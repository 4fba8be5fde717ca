use crate::{LineError, read_line, read_term, write_triple};
use std::alloc::{AllocError, Global};
use std::test::Fail;
use ts_model::{Sign, TermKind};

/// The sign and the printed line of what a line is read as, or what else becomes of it.
fn shown(alloc: Global, line: &[u8]) -> Result<Vec<u8>, Fail> {
    let mut seen = Vec::new(alloc);
    match read_line(alloc, line) {
        Ok(Some(signed)) => {
            seen.push(match signed.sign {
                Sign::Add => b'+',
                Sign::Remove => b'-',
            })?;
            write_triple(&signed.triple, &mut seen)?;
        }
        Ok(None) => seen.extend_from_slice(b"nothing")?,
        Err(LineError::Bad) => seen.extend_from_slice(b"bad")?,
        Err(LineError::TooLong) => seen.extend_from_slice(b"too long")?,
        Err(LineError::Memory) => Err("out of memory")?,
    }
    Ok(seen)
}

// Lines, and what is shown of each, by the grammar of RDF 1.1 N-Triples and this project's signs.

/// Signs, blanks, and lines without a triple.
const SIGNS: &[(&str, &str)] = &[
    ("<a><p><b>.", "+<a> <p> <b> .\n"),
    ("+<a> <p> <b> .", "+<a> <p> <b> .\n"),
    ("  -  <a><p><b>.", "-<a> <p> <b> .\n"),
    ("\t-\t<a>\t<p>\t<b>\t.\t", "-<a> <p> <b> .\n"),
    ("+-<a> <p> <b> .", "bad"),
    ("- - <a> <p> <b> .", "bad"),
    ("+", "bad"),
    (" - # x", "bad"),
    ("", "nothing"),
    (" \t ", "nothing"),
    ("#", "nothing"),
    ("\t # <a> <p> <b> .", "nothing"),
    ("<a> <p> <b> .", "+<a> <p> <b> .\n"),
    ("-<a> <p> <b> .", "-<a> <p> <b> .\n"),
    ("  -  <a><p><b>.  ", "-<a> <p> <b> .\n"),
    ("   +   <a>   <p>   <b>   .  ", "+<a> <p> <b> .\n"),
    ("- + <a> <p> <b> .", "bad"),
    ("--<a> <p> <b> .", "bad"),
    (" - ", "bad"),
    ("+ # x", "bad"),
    ("+.", "bad"),
    ("   ", "nothing"),
    ("# x", "nothing"),
    ("   # <a> <p> <b> .", "nothing"),
    ("#<a> <p> <b> .", "nothing"),
];

/// What stands where in a line, and its end.
const ENDS: &[(&str, &str)] = &[
    ("<a> <p> <b> . # x", "+<a> <p> <b> .\n"),
    ("<a> <p> <b> .#", "+<a> <p> <b> .\n"),
    ("<a> <p> <b> . x", "bad"),
    ("<a> <p> <b> ..", "bad"),
    ("<a> <p> <b>", "bad"),
    ("<a> <p> <b> # .", "bad"),
    ("<a> <p> <b> <c> .", "bad"),
    ("<a> <b> .", "bad"),
    ("<a>", "bad"),
    ("\u{A0}<a> <p> <b> .", "bad"),
    ("\"a\" <p> <b> .", "bad"),
    ("<a> _:p <b> .", "bad"),
    ("<a> \"p\" <b> .", "bad"),
    ("<a> <p> <b> .<c>", "bad"),
    ("<a> <p> # <b> .", "bad"),
    ("<a> <p> .", "bad"),
    ("<a> .", "bad"),
    (".", "bad"),
    ("x", "bad"),
    ("a p b .", "bad"),
    ("<a> <p> _:b .", "+<a> <p> _:b .\n"),
    ("<a> <p> <b> .\r", "bad"),
    ("<a> <p> <b> .\n", "bad"),
    ("\n", "bad"),
    ("\u{FEFF}<a> <p> <b> .", "bad"),
];

/// Labels of blank nodes.
const LABELS: &[(&str, &str)] = &[
    ("_:b <p> _:b.c.", "+_:b <p> _:b.c .\n"),
    ("<a> <p> _:b.c", "bad"),
    ("_:b.c. <p> <b> .", "bad"),
    ("<a> <p> _:b..", "bad"),
    ("<a> <p> _:b..c-.", "+<a> <p> _:b..c- .\n"),
    ("_:0<p>_::_.", "+_:0 <p> _::_ .\n"),
    ("_: <p> <b> .", "bad"),
    ("_:.b <p> <b> .", "bad"),
    ("_:-b <p> <b> .", "bad"),
    ("_b <p> <b> .", "bad"),
    ("<é> <😀> \"é😀\".", "+<é> <😀> \"é😀\" .\n"),
    ("_:é <p> _:😀 .", "+_:é <p> _:😀 .\n"),
    ("_:× <p> <b> .", "bad"),
    ("_:b.c <p> _:b .", "+_:b.c <p> _:b .\n"),
    ("_:b<p>_:b...", "bad"),
    ("_:b <p> _:b.c", "bad"),
    ("_:b. <p> <b> .", "bad"),
    ("_:b..c <p> <b> .", "+_:b..c <p> <b> .\n"),
    ("_:1 <p> _:b-.", "+_:1 <p> _:b- .\n"),
    ("_ :b <p> <b> .", "bad"),
    ("_:_a:b <p> _:: .", "+_:_a:b <p> _:: .\n"),
    ("_:é <p> _:😀.", "+_:é <p> _:😀 .\n"),
    ("_:a·‿ <p> <b> .", "+_:a·‿ <p> <b> .\n"),
    ("_:· <p> <b> .", "bad"),
    ("_:a× <p> <b> .", "bad"),
    ("_:a\\u0062 <p> <b> .", "bad"),
];

/// IRIs.
const IRIS: &[(&str, &str)] = &[
    ("<> <> <> .", "+<> <> <> .\n"),
    ("<\\u0061> <p\\U00000062> <b> .", "+<a> <pb> <b> .\n"),
    (
        "<a\\u0020b> <p\\u003e> <\\u0000> .",
        "+<a\\u0020b> <p\\u003E> <\\u0000> .\n",
    ),
    (
        "<a\\u007f\\u00a0> <p> <b> .",
        "+<a\u{7F}\u{A0}> <p> <b> .\n",
    ),
    ("<a b> <p> <b> .", "bad"),
    ("<a\\tb> <p> <b> .", "bad"),
    ("<a\"b> <p> <b> .", "bad"),
    ("<a\u{0}> <p> <b> .", "bad"),
    ("<a\\uD800> <p> <b> .", "bad"),
    ("<a> <p> <b .", "bad"),
    ("<é😀> <p> <%41> .", "+<é😀> <p> <%41> .\n"),
    (
        "<\\u0061> <\\u0041> <\\U0001F600\\u00e9> .",
        "+<a> <A> <😀é> .\n",
    ),
    (
        "<a\\u0020b> <p> <\\u003e\\u003C\\u0022> .",
        "+<a\\u0020b> <p> <\\u003E\\u003C\\u0022> .\n",
    ),
    (
        "<a> <p> <\\U0000007b\\u005c\\u0000\\u005E\\u0060> .",
        "+<a> <p> <\\u007B\\u005C\\u0000\\u005E\\u0060> .\n",
    ),
    ("<a> <p> <\\n> .", "bad"),
    ("<a> <p> <\\\\> .", "bad"),
    ("<a> <p> <\\uD800> .", "bad"),
    ("<a> <p> <\\U00110000> .", "bad"),
    ("<a> <p> <\\u004> .", "bad"),
    ("<a<b> <p> <b> .", "bad"),
    ("<a{b> <p> <b> .", "bad"),
    ("<a}b> <p> <b> .", "bad"),
    ("<a|b> <p> <b> .", "bad"),
    ("<a^b> <p> <b> .", "bad"),
    ("<a`b> <p> <b> .", "bad"),
    ("<a <p> <b> .", "bad"),
    ("a> <p> <b> .", "bad"),
    ("<a> <p> <\u{7F}> .", "+<a> <p> <\u{7F}> .\n"),
];

/// Strings.
const STRINGS: &[(&str, &str)] = &[
    ("<a> <p> \"\".", "+<a> <p> \"\" .\n"),
    ("<a> <p> \"a\tb'\u{0}\".", "+<a> <p> \"a\tb'\u{0}\" .\n"),
    (
        "<a> <p> \"\\t\\b\\n\\r\\f\\\"\\'\\\\\" .",
        "+<a> <p> \"\t\u{8}\\n\\r\u{C}\\\"'\\\\\" .\n",
    ),
    (
        "<a> <p> \"\\u0041\\U0001f600\\u00E9\\u000A\\u000d\\u0022\\u005C\" .",
        "+<a> <p> \"A😀é\\n\\r\\\"\\\\\" .\n",
    ),
    (
        "<a> <p> \"\\uD7FF\\uE000\\U0010FFFF\" .",
        "+<a> <p> \"\u{D7FF}\u{E000}\u{10FFFF}\" .\n",
    ),
    ("<a> <p> \"\\uD800\" .", "bad"),
    ("<a> <p> \"\\uDFFF\" .", "bad"),
    ("<a> <p> \"\\U00110000\" .", "bad"),
    ("<a> <p> \"\\U0000004\" .", "bad"),
    ("<a> <p> \"\\u004g\" .", "bad"),
    ("<a> <p> \"\\a\" .", "bad"),
    ("<a> <p> \"a\nb\" .", "bad"),
    ("<a> <p> \"a\rb\" .", "bad"),
    ("<a> <p> \"a .", "bad"),
    ("<a> <p> \"a\"b .", "bad"),
    ("<a> <p> \"b\" .", "+<a> <p> \"b\" .\n"),
    (
        "<a> <p> \"it's é 😀 {<>}\"  .",
        "+<a> <p> \"it's é 😀 {<>}\" .\n",
    ),
    (
        "<a> <p> \"\\n\\r\\\"\\'\\\\\" .",
        "+<a> <p> \"\\n\\r\\\"'\\\\\" .\n",
    ),
    (
        "<a> <p> \"\\u0041\\U00000062\\u00e9\\u00E9\\U0001F600\\U0001f600\" .",
        "+<a> <p> \"Abéé😀😀\" .\n",
    ),
    (
        "<a> <p> \"\\u000A\\u000d\\u0022\\u005C\\u005c\" .",
        "+<a> <p> \"\\n\\r\\\"\\\\\\\\\" .\n",
    ),
    ("<a> <p> \"\\u00411\" .", "+<a> <p> \"A1\" .\n"),
    ("<a> <p> \"\\\" .", "bad"),
    ("<a> <p> \"\\\\\" .", "+<a> <p> \"\\\\\" .\n"),
    ("<a> <p> \"\\x\" .", "bad"),
    ("<a> <p> \"\\N\" .", "bad"),
    ("<a> <p> \"\\u00\" .", "bad"),
    ("<a> <p> \"\\u00g1\" .", "bad"),
    ("<a> <p> \"\\U0041\" .", "bad"),
    ("<a> <p> \"\\ud83d\\ude00\" .", "bad"),
    ("<a> <p> \"\\U10000041\" .", "bad"),
    ("<a> <p> \"a", "bad"),
    ("<a> <p> \"a\"b\" .", "bad"),
    ("<a> <p> 'a' .", "bad"),
    ("<a> <p> \"\"\"a\"\"\" .", "bad"),
    ("<a> <p> 1 .", "bad"),
    (
        "<a> <p> \"\\u0000\\u0009\\u007F\" .",
        "+<a> <p> \"\u{0}\t\u{7F}\" .\n",
    ),
];

/// Language tags and types.
const LITERALS: &[(&str, &str)] = &[
    ("<a> <p> \"a\"@en-US .", "+<a> <p> \"a\"@en-US .\n"),
    ("<a> <p> \"a\"@EN.", "+<a> <p> \"a\"@EN .\n"),
    ("<a> <p> \"a\"@en-1a-2.", "+<a> <p> \"a\"@en-1a-2 .\n"),
    ("<a> <p> \"a\"@en-.", "bad"),
    ("<a> <p> \"a\"@e1 .", "bad"),
    ("<a> <p> \"a\"@ .", "bad"),
    ("<a> <p> \"a\" @en .", "bad"),
    ("<a> <p> \"a\"@en^^<t> .", "bad"),
    ("<a> <p> \"1\"^^<t>.", "+<a> <p> \"1\"^^<t> .\n"),
    (
        "<a> <p> \"1\"^^<http://www.w3.org/2001/XMLSchema#string> .",
        "+<a> <p> \"1\" .\n",
    ),
    (
        "<a> <p> \"1\"^^<http://www.w3.org/2001/XMLSchema#\\u0073tring> .",
        "+<a> <p> \"1\" .\n",
    ),
    (
        "<a> <p> \"1\"^^<http://www.w3.org/2001/XMLSchema#strings> .",
        "+<a> <p> \"1\"^^<http://www.w3.org/2001/XMLSchema#strings> .\n",
    ),
    ("<a> <p> \"a\"^^ <t> .", "bad"),
    ("<a> <p> \"a\" ^^<t> .", "bad"),
    ("<a> <p> \"a\"^<t> .", "bad"),
    ("<a> <p> \"a\"^^ .", "bad"),
    ("<a> <p> \"a\"^^_:t .", "bad"),
    ("<a> <p> \"a\"^^\"t\" .", "bad"),
    ("<a> <p> \"a\"@de-CH-1996.", "+<a> <p> \"a\"@de-CH-1996 .\n"),
    ("<a> <p> \"a\"@en--US .", "bad"),
    ("<a> <p> \"a\"@1 .", "bad"),
    ("<a> <p> \"a\"@en1 .", "bad"),
    ("<a> <p> \"a\"@en_US .", "bad"),
    ("<a> <p> \"a\"@en@fr .", "bad"),
    ("<a> <p> \"a\"@é .", "bad"),
    (
        "<a> <p> \"1\"^^<\\u0068ttp://www.w3.org/2001/XMLSchema#str\\U00000069ng>.",
        "+<a> <p> \"1\" .\n",
    ),
    (
        "<a> <p> \"1\"^^<http://www.w3.org/2001/XMLSchema#String> .",
        "+<a> <p> \"1\"^^<http://www.w3.org/2001/XMLSchema#String> .\n",
    ),
    (
        "<a> <p> \"1\"^^<http://www.w3.org/2001/XMLSchema#integer> .",
        "+<a> <p> \"1\"^^<http://www.w3.org/2001/XMLSchema#integer> .\n",
    ),
    (
        "<a> <p> \"a\"^^<\\u0061\\u0020> .",
        "+<a> <p> \"a\"^^<a\\u0020> .\n",
    ),
    ("<a> <p> \"a\"^^<t>@en .", "bad"),
];

/// The first of these lines that is shown otherwise.
fn first_wrong<'a>(alloc: Global, lines: &[(&'a str, &'a str)]) -> Result<Option<&'a str>, Fail> {
    for (line, want) in lines {
        let seen = shown(alloc, line.as_bytes())?;
        if seen.as_slice() != want.as_bytes() {
            return Ok(Some(line));
        }
    }
    Ok(None)
}

#[test]
fn signs_and_blanks(rt: HostRuntime) -> Result<(), Fail> {
    assert_eq!(rt; first_wrong(rt.alloc(), SIGNS)?, None);
    Ok(())
}

#[test]
fn ends_of_lines(rt: HostRuntime) -> Result<(), Fail> {
    assert_eq!(rt; first_wrong(rt.alloc(), ENDS)?, None);
    Ok(())
}

#[test]
fn labels(rt: HostRuntime) -> Result<(), Fail> {
    assert_eq!(rt; first_wrong(rt.alloc(), LABELS)?, None);
    Ok(())
}

#[test]
fn iris(rt: HostRuntime) -> Result<(), Fail> {
    assert_eq!(rt; first_wrong(rt.alloc(), IRIS)?, None);
    Ok(())
}

#[test]
fn strings(rt: HostRuntime) -> Result<(), Fail> {
    assert_eq!(rt; first_wrong(rt.alloc(), STRINGS)?, None);
    Ok(())
}

#[test]
fn language_tags_and_types(rt: HostRuntime) -> Result<(), Fail> {
    assert_eq!(rt; first_wrong(rt.alloc(), LITERALS)?, None);
    Ok(())
}

#[test]
fn bytes_that_are_no_text_are_bad(rt: HostRuntime) -> Result<(), Fail> {
    let lines = [
        b"\xff".as_slice(),
        b" \xff",
        b"# \xff",
        b"<a> <p> <b> . # \xc3",
        b"<a> <p> \"\xed\xa0\x80\" .",
        b"<a> <p> \"\xc0\xaf\" .",
    ];
    for line in lines {
        let seen = shown(rt.alloc(), line)?;
        assert_eq!(rt; seen.as_slice(), b"bad".as_slice());
    }
    Ok(())
}

/// The front of a line with letters up to so many bytes, and the rest of the line.
fn long_line(
    alloc: Global,
    front: &[u8],
    length: usize,
    rest: &[u8],
) -> Result<Vec<u8>, AllocError> {
    let mut line = Vec::from_slice(alloc, front)?;
    line.resize(length, b'a')?;
    line.extend_from_slice(rest)?;
    Ok(line)
}

#[test]
fn limits(rt: HostRuntime) -> Result<(), Fail> {
    let alloc = rt.alloc();
    let comment = vec![in alloc; b'#'; 4_194_304]?;
    assert_eq!(rt;
        shown(alloc, comment.as_slice())?.as_slice(),
        b"nothing".as_slice()
    );
    let comment = vec![in alloc; b'#'; 4_194_305]?;
    assert_eq!(rt;
        shown(alloc, comment.as_slice())?.as_slice(),
        b"too long".as_slice()
    );
    let noise = vec![in alloc; 0xff; 4_194_305]?;
    assert_eq!(rt;
        shown(alloc, noise.as_slice())?.as_slice(),
        b"too long".as_slice()
    );
    // a term over its limit, in a line with another fault
    let line = long_line(alloc, b"<", 1_048_576, b"> <p> <b>")?;
    assert_eq!(rt;
        shown(alloc, line.as_slice())?.as_slice(),
        b"bad".as_slice()
    );
    Ok(())
}

#[test]
fn terms_at_their_limit(rt: HostRuntime) -> Result<(), Fail> {
    let alloc = rt.alloc();
    // lines with one term of 1,048,576 bytes, each printed with its sign and a line feed, and of one more
    let lines = [
        (
            b"<".as_slice(),
            1_048_575,
            1_048_576,
            b"> <p> <b> .".as_slice(),
        ),
        (b"<a> <", 1_048_579, 1_048_580, b"> <b> ."),
        (b"<a> <p> <", 1_048_583, 1_048_584, b"> ."),
    ];
    for (front, within, over, rest) in lines {
        let line = long_line(alloc, front, within, rest)?;
        assert_eq!(rt; shown(alloc, line.as_slice())?.len(), 1_048_576 + 12);
        let line = long_line(alloc, front, over, rest)?;
        assert_eq!(rt;
            shown(alloc, line.as_slice())?.as_slice(),
            b"too long".as_slice()
        );
    }
    Ok(())
}

/// The spelling of the term that bytes spell, or nothing.
fn term(alloc: Global, bytes: &[u8], kind: TermKind) -> Result<Vec<u8>, Fail> {
    match read_term(alloc, bytes, kind)? {
        Some(term) => Ok(Vec::from_slice(alloc, term.spelling())?),
        None => Ok(Vec::from_slice(alloc, b"none")?),
    }
}

#[test]
fn terms_of_each_kind(rt: HostRuntime) -> Result<(), Fail> {
    let cases = [
        ("<\\u0061>", TermKind::Node, "<a>"),
        ("_:b", TermKind::Node, "_:b"),
        ("_:b.", TermKind::Node, "none"),
        ("\"a\"", TermKind::Node, "none"),
        ("<\\u0061>", TermKind::Predicate, "<a>"),
        ("_:b", TermKind::Predicate, "none"),
        ("\"\\u0061\"@en", TermKind::Value, "\"a\"@en"),
        ("\"a\"@en-", TermKind::Value, "none"),
        ("<a>", TermKind::Value, "none"),
        (" <a>", TermKind::Node, "none"),
        ("<a> ", TermKind::Node, "none"),
        ("", TermKind::Value, "none"),
    ];
    for (bytes, kind, want) in cases {
        let seen = term(rt.alloc(), bytes.as_bytes(), kind)?;
        assert_eq!(rt; seen.as_slice(), want.as_bytes(), "at {bytes}");
    }
    Ok(())
}

#[test]
fn no_text_and_long_terms_are_none(rt: HostRuntime) -> Result<(), Fail> {
    let noise = term(rt.alloc(), b"\"\xff\"", TermKind::Value)?;
    assert_eq!(rt; noise.as_slice(), b"none".as_slice());
    let long = long_line(rt.alloc(), b"<", 1_048_576, b">")?;
    let seen = term(rt.alloc(), long.as_slice(), TermKind::Node)?;
    assert_eq!(rt; seen.as_slice(), b"none".as_slice());
    Ok(())
}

▬▬▬

Considering only the data above, return the lines in which "XMLSchema" occurs.

## WRITTEN REPLY
        "<a> <p> \"1\"^^<http://www.w3.org/2001/XMLSchema#string> .",
        "<a> <p> \"1\"^^<http://www.w3.org/2001/XMLSchema#\\u0073tring> .",
        "<a> <p> \"1\"^^<http://www.w3.org/2001/XMLSchema#strings> .",
        "+<a> <p> \"1\"^^<http://www.w3.org/2001/XMLSchema#strings> .\n",
        "<a> <p> \"1\"^^<\\u0068ttp://www.w3.org/2001/XMLSchema#str\\U00000069ng>.",
        "<a> <p> \"1\"^^<http://www.w3.org/2001/XMLSchema#String> .",
        "+<a> <p> \"1\"^^<http://www.w3.org/2001/XMLSchema#String> .\n",
        "<a> <p> \"1\"^^<http://www.w3.org/2001/XMLSchema#integer> .",
        "+<a> <p> \"1\"^^<http://www.w3.org/2001/XMLSchema#integer> .\n",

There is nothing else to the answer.